Il nome di Cima Rest compare la prima volta negli Statuti comunali di Magasa del 1589 quando viene citato in un articolo che prevedeva il divieto a chiunque di falciare il foraggio nelle pertinenze dell'alpeggio comunale, mentre disposizioni comunitarie successive prevedevano che si dovesse effettuare la funzione religiosa delle rogazioni da Magasa a Cadria, con sosta al fienile della Pieve di Cima Rest per la recita del rosario, obbligatoria la partecipazione di tutta la popolazione[1].

Nel 1633 certo Gottardo Gottardi, detto Tavagnone o Tavagnù dispose con testamento che, alla sua morte, il ricavato dell’affitto dei suoi due fienili a Cima Rest e a Monte Denai si dovesse spendere in tanto sale da dispensare alla popolazione di Magasa.

Nei secoli passati l'altipiano di Cima Rest è stato una luogo strategico nei periodi di guerra, da qui difatti si poteva controllare agevolmente ogni movimento nemico lungo la Val Vestino, tra il monte Tombea e Bollone, e l'ampio pianoro consentiva l'accampamento ad una truppa numerosa. Così nel febbraio del 1799, a seguito dell'invasione napoleonica dell'Italia, il Magistrato Consolare di Trento incaricò il capitano Giuseppe de Betta di portarsi con una compagnia di 120 bersaglieri tirolesi a Magasa e via Cima Rest a Cadria a presidio dei confini meridionali del Principato vescovile di Trento minacciati dai francesi[2].

Nel luglio del 1866 durante la terza guerra di indipendenza fu scalato dai garibaldini del 2º Reggimento Volontari Italiani del colonnello Pietro Spinazzi intenti all'assedio del Forte d'Ampola, mentre nel 1915, nella prima guerra mondiale, fu dapprima scalato e occupato dal 7º Reggimento bersaglieri e poi fortificato dal Regio esercito italiano con la costruzione della carrozzabile Tombea-Val Lorina, trincee e posti di osservazione.

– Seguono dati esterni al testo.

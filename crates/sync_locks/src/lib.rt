//! A core's seven synchronisers and four locks: who got them, which threads are bound to them, and who owns them. See
//! docs/THREADS.md.
#![tactic(auto)]

mod answers;
mod lock;
mod state;
mod sync;
mod syncs;

pub use answers::{Bad, Claim};
pub use state::{LockState, SyncState};
pub use syncs::Syncs;
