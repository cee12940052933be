// Reads a book from standard input, judges it, and prints the report.
#![tactic(auto)]

use anyhow::Context;
use audit::audit;
use std::io::{Read, Write};

// An input that fills 32,768 bytes is too long, whatever follows them. The output has room for every report.
fn main(rt: HostRuntime) -> anyhow::Result<()> {
    let mut input = Vec::new(rt.alloc());
    rt.stdin()
        .take(32768)
        .read_to_end(&mut input)
        .context("standard input cannot be read")?;
    let mut output = [0; 8192];
    let length = audit(&input, &mut output)?;
    rt.stdout()
        .write_all(&output[..length])
        .context("standard output cannot be written")?;
    Ok(())
}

Nel giugno del 1997, a causa del sequestro Soffiantini, tutta la zona di Magasa e in special modo i fienili di Cima Rest, fu ispezionata dal Battaglione Carabinieri di Brescia in quanto fu ritenuta un possibile luogo di costrizione dell'imprenditore manerbiese.


I primi giorni della Grande Guerra. L'avanzata dei bersaglieri italiani


Cima Gusaur e Cima Manga in Val Vestino facevano parte fin dall'inizio della Grande Guerra dell'Impero Austro-Ungarico e furono conquistate dai bersaglieri italiani del 7º Reggimento nel primo giorno del conflitto, il 24 maggio 1915, sotto la pioggia. In vista dell’entrata in guerra del Regno d’Italia contro l’Impero austro-ungarico, il Reggimento fu mobilitato sull’Alto Garda occidentale, inquadrato nella 6ª Divisione di fanteria del III Corpo d’Armata ed era composto dai Battaglioni 8°, 10° e 11° bis con l'ordine di raggiungere in territorio ostile la prima linea Cima Gusaner (Cima Gusaur)-Cadria e poi quella Bocca di Cablone-Cima Tombea-Monte Caplone a nord.

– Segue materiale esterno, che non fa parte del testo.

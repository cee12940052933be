// Does one thing with the records on standard input again and again, so that its cost can be counted.
#![tactic(auto)]

use anyhow::Context;
use audit::audit;
use book::sealed::Book;
use image::sound;
use judge::judging::judge;
use judge::sheet::Sheet;
use layout::{FACT_SIZE, decode};
use possible::possible;
use records::reading::{read_book, read_draft, read_rules};
use search::ClassPair;
use std::env;
use std::io::Read;
use stores::row::RowStore;
use stores::store::Store;
use terms::fact::Fact;

// One reading of the rule records at the front: how many there are. Of a refusal it is told only that there is one.
fn read_once(input: &[u8]) -> anyhow::Result<usize> {
    let rules = read_rules(input).ok().context("a record is refused")?;
    Ok(rules.records)
}

// The book of a file of rules. Of a refusal it is told only that there is one.
fn sealed(input: &[u8]) -> anyhow::Result<Book> {
    let draft = read_draft(input).ok().context("a record is refused")?;
    Ok(draft.seal())
}

// One reading and sealing: is class 0 the value by feature 0 of an object in it?
fn seal_once(input: &[u8]) -> anyhow::Result<usize> {
    Ok(usize::from(sealed(input)?.leads(0, 0).has(0)))
}

// One reading, sealing and asking: is class 0 possible? Of a refusal it is told only that there is one.
fn ask_once(input: &[u8]) -> anyhow::Result<usize> {
    let book = sealed(input)?;
    let mut pairs = [ClassPair::default(); 4096];
    let mut parts = [0; 256];
    let answer = possible(&book, 0, &mut pairs, &mut parts)
        .ok()
        .context("the question is refused")?;
    Ok(usize::from(answer))
}

// The facts of the records, told one by one to a row store over a table of 5,000 rows: how many it lists.
fn tell_once(input: &[u8]) -> anyhow::Result<usize> {
    let mut rows = [Fact::default(); 5000];
    let mut store = RowStore::open(&mut rows);
    let (records, _) = input.as_chunks::<FACT_SIZE>();
    for record in records {
        let _ = store.tell(decode(record));
    }
    Ok(store.count())
}

// The sound part of the records: how many bytes it has.
fn sound_once(input: &[u8]) -> anyhow::Result<usize> {
    Ok(sound(input).len())
}

// One reading, sealing and judging of a book with its facts: how many facts were judged.
fn judge_once(input: &[u8]) -> anyhow::Result<usize> {
    let opened = read_book(input).context("a record is refused")?;
    let mut sheet = Sheet::new();
    let mut pairs = [ClassPair::default(); 4096];
    let mut parts = [0; 256];
    judge(
        &opened.book,
        &opened.store,
        &mut sheet,
        &mut pairs,
        &mut parts,
    )
    .context("the judging is refused")?;
    Ok(opened.store.count())
}

// One audit: how many bytes it wrote.
fn audit_once(input: &[u8]) -> anyhow::Result<usize> {
    audit(input, &mut [0; 8192]).context("the output does not fit")
}

// The sum of what a step answers to the same input each time.
fn repeat<F: Fn(&[u8]) -> anyhow::Result<usize>>(
    step: F,
    input: &[u8],
    times: u32,
) -> anyhow::Result<usize>
    requires { F.IsAlwaysCallable step }
{
    let mut total = 0usize;
    for _ in 0..times {
        total = total.wrapping_add(step(input)?);
    }
    Ok(total)
}

// The arguments are `read`, `seal`, `ask`, `judge`, `audit`, `tell` or `sound`, and how often.
fn main(rt: HostRuntime) -> anyhow::Result<()> {
    let mut input = Vec::new(rt.alloc());
    rt.stdin().take(32768).read_to_end(&mut input)?;
    let mut words = env::args(&rt)?.skip(1);
    let what = words.next().context("what to do is not told")?;
    let times = words.next().context("how often is not told")?.parse()?;
    let total = match what.as_str() {
        "ask" => repeat(ask_once, &input, times),
        "audit" => repeat(audit_once, &input, times),
        "judge" => repeat(judge_once, &input, times),
        "seal" => repeat(seal_once, &input, times),
        "tell" => repeat(tell_once, &input, times),
        "sound" => repeat(sound_once, &input, times),
        _ => repeat(read_once, &input, times),
    }?;
    println!(rt; "{total}")?;
    Ok(())
}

Il 20 maggio i tre Battaglioni del Reggimento raggiunsero Liano e Costa di Gargnano, Gardola a Tignale e Passo Puria a Tremosine in attesa dell’ordine di avanzata verso la Val Vestino. Il 24 maggio i bersaglieri avanzarono da Droane verso Bocca alla Croce sul monte Camiolo, Cima Gusaur e l'abitato di Cadria, disponendosi sulla linea che da monte Puria va a Dosso da Crus passando per Monte Caplone, Bocca alla Croce e Cima Gusaur. Lo stesso 24 maggio, da Cadria, il comandante, il colonnello Gianni Metello[3], segnalò al Comando del Sottosettore delle Giudicarie che non si trovavano traccia, né si sapeva, di lavori realizzati in Valle dal nemico, le cui truppe si erano ritirate su posizioni tattiche al di là di Val di Ledro. Evidenziava che nella zona, priva di risorse, con soltanto vecchi, donne e fanciulli, si soffriva la fame. Il giorno seguente raggiunsero Cima Rest, il monte Caplone ed il monte Tombea senza incontrare resistenza[4]. Il 27 maggio occuparono più a nord Cima spessa e Dosso dell’Orso, da dove potevano controllare la Val d’Ampola, e il 2 giugno Costone Santa Croce, Casetta Zecchini sul monte Calva, monte Tremalzo e Bocchetta di Val Marza. Il 15 giugno si disposero tra Santa Croce, Casetta Zecchini, Corno Marogna e Passo Gattum; il 1º luglio tra Malga Tremalzo, Corno Marogna, Bocchetta di Val Marza, Corno spesso, Malga Alta Val Schinchea e Costone Santa Croce. Il 22 ottobre il 10º Battaglione entrò in Bezzecca, Pieve di Ledro e Locca, mentre l’11° bis si dispose sul monte Tremalzo. Nel 1916 furono gli ultimi giorni di presenza dei bersaglieri sul fronte della Val di Ledro: tra il 7 e il 9 novembre i battaglioni arretrarono a Storo e di là a Vobarno per proseguire poi in treno verso Cervignano del Friuli e le nuove destinazioni.


Luoghi di interesse



I fienili di Cima Rest


I fienili di Cima Rest sono dei fabbricati rurali situati sull'altipiano ad un'altitudine di circa 1300 m.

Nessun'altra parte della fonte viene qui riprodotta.